Dataset entries:
——

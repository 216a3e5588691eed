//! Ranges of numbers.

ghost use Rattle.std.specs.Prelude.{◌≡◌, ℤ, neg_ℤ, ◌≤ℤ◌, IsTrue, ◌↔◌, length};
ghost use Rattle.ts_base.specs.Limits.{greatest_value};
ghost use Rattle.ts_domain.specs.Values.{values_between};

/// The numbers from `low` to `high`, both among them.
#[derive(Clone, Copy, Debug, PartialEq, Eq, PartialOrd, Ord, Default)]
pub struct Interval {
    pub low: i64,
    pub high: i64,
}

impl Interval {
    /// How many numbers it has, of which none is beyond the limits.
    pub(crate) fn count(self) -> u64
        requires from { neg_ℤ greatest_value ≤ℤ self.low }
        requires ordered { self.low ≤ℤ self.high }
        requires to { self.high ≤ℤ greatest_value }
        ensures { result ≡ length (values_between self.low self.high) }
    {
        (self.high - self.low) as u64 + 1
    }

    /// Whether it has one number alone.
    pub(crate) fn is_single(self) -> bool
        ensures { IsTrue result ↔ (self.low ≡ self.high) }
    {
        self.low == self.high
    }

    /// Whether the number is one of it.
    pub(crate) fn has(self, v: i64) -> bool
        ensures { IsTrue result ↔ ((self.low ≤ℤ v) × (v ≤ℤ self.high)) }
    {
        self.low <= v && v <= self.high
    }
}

——

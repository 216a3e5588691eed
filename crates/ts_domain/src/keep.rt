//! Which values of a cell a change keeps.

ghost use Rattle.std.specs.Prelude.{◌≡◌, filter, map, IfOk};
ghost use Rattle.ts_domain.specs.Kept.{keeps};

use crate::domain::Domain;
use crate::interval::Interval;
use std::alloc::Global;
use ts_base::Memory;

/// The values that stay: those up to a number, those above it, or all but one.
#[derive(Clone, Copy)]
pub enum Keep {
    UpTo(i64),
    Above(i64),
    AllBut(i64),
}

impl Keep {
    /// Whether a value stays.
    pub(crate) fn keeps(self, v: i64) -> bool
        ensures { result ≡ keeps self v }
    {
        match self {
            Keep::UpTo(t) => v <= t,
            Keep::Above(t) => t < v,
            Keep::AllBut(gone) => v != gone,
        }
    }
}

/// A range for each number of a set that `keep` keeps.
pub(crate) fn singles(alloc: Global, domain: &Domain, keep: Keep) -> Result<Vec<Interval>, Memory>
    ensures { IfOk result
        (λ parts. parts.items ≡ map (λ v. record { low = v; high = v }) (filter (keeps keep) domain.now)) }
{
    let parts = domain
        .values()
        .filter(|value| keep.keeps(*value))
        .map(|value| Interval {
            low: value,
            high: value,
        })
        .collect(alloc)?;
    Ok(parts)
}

——

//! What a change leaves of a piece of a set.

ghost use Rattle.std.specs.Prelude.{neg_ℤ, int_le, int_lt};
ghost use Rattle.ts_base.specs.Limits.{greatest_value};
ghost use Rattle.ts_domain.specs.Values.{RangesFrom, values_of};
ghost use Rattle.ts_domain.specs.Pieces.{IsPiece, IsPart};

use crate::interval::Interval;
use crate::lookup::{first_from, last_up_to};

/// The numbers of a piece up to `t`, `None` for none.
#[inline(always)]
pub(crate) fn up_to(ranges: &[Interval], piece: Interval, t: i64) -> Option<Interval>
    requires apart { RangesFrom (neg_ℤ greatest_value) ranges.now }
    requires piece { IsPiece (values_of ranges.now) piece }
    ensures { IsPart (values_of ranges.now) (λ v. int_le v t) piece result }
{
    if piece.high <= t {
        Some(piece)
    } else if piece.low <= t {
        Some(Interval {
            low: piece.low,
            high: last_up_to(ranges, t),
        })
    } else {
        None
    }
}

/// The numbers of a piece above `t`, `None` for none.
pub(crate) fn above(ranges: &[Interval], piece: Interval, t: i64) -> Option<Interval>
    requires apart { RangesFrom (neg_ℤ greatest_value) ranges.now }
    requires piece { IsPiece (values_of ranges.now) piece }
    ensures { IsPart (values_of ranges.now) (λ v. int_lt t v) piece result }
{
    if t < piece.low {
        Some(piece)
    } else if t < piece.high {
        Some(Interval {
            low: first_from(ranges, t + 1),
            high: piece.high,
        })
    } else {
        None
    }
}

——

Reproduce the lines above, beginning at the line with "use std::alloc::Global;" and stopping after the line with "Keep::UpTo(t) => v", exactly as they are.

Result of this exercise:
use std::alloc::Global;
use ts_base::Memory;

/// The values that stay: those up to a number, those above it, or all but one.
#[derive(Clone, Copy)]
pub enum Keep {
    UpTo(i64),
    Above(i64),
    AllBut(i64),
}

impl Keep {
    /// Whether a value stays.
    pub(crate) fn keeps(self, v: i64) -> bool
        ensures { result ≡ keeps self v }
    {
        match self {
            Keep::UpTo(t) => v <= t,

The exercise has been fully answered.